Minju Gwak, Guijin Son, Jaehyung Kim

2025-10-09

Revisiting the Uniform Information Density Hypothesis in LLM Reasoning Traces

Summary

This paper investigates how consistently information is presented during the step-by-step reasoning process of large language models, and whether that consistency relates to how well the model actually reasons.

What's the problem?

Large language models are getting better at complex tasks, but it's hard to know *why* they get the right or wrong answer. We don't have a good way to look 'inside' their reasoning process to understand what makes a good reasoning trace versus a bad one. The paper asks if a smooth, consistent flow of information during reasoning – meaning not jumping around too much in terms of how much new information is presented at each step – is a sign of better reasoning.

What's the solution?

The researchers developed a way to measure how evenly information is distributed throughout each step of a language model's reasoning.

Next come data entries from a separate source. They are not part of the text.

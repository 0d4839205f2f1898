// nib dump and nib diff: a page of a folder's array, and where two folders differ. Neither changes a file.
#![tactic(auto)]

pub mod diff;
pub mod dump;
pub mod walk;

They used a concept called 'information density' and calculated both a 'local' score (looking at each step individually) and a 'global' score (looking at the overall reasoning trace). They then tested whether these scores could predict the accuracy of the model's answers on several different reasoning tasks. They found that reasoning traces with more consistent information density were more likely to be correct, and they could even improve accuracy by selecting for these more uniform traces.

Why it matters?

This work provides a new tool for evaluating and improving the reasoning abilities of large language models. By focusing on the *process* of reasoning, rather than just the final answer, it helps us understand what makes a model think effectively. This could lead to building more reliable and accurate AI systems, and it offers a way to automatically select the best reasoning paths generated by a model.

Abstract

The Uniform Information Density (UID) hypothesis suggests that effective communication maintains a stable flow of information. In this work, we revisit this principle in the context of large language model (LLM) reasoning traces, asking whether step-level uniformity reflects reasoning quality. To this end, we propose an entropy-based stepwise information density metric and introduce two complementary measures of uniformity, local and global uniformity scores. Across the experiments on six different reasoning benchmarks, we find that step-level uniformity not only provides a strong theoretical lens but also yields practical performance benefits; for example, selecting reasoning traces with more uniform information density at the step-level improves accuracy by 10-32\% relative gains over baselines at AIME2025. Our analysis further reveals that correct reasoning traces tend to avoid sharp information density spikes, while incorrect traces exhibit irregular information bursts. These results demonstrate that UID-inspired information density measures outperform alternative internal signals as predictors of reasoning quality. Results highlight the uniformity of the information density as a robust diagnostic and selection criterion for building more reliable and accurate reasoning systems.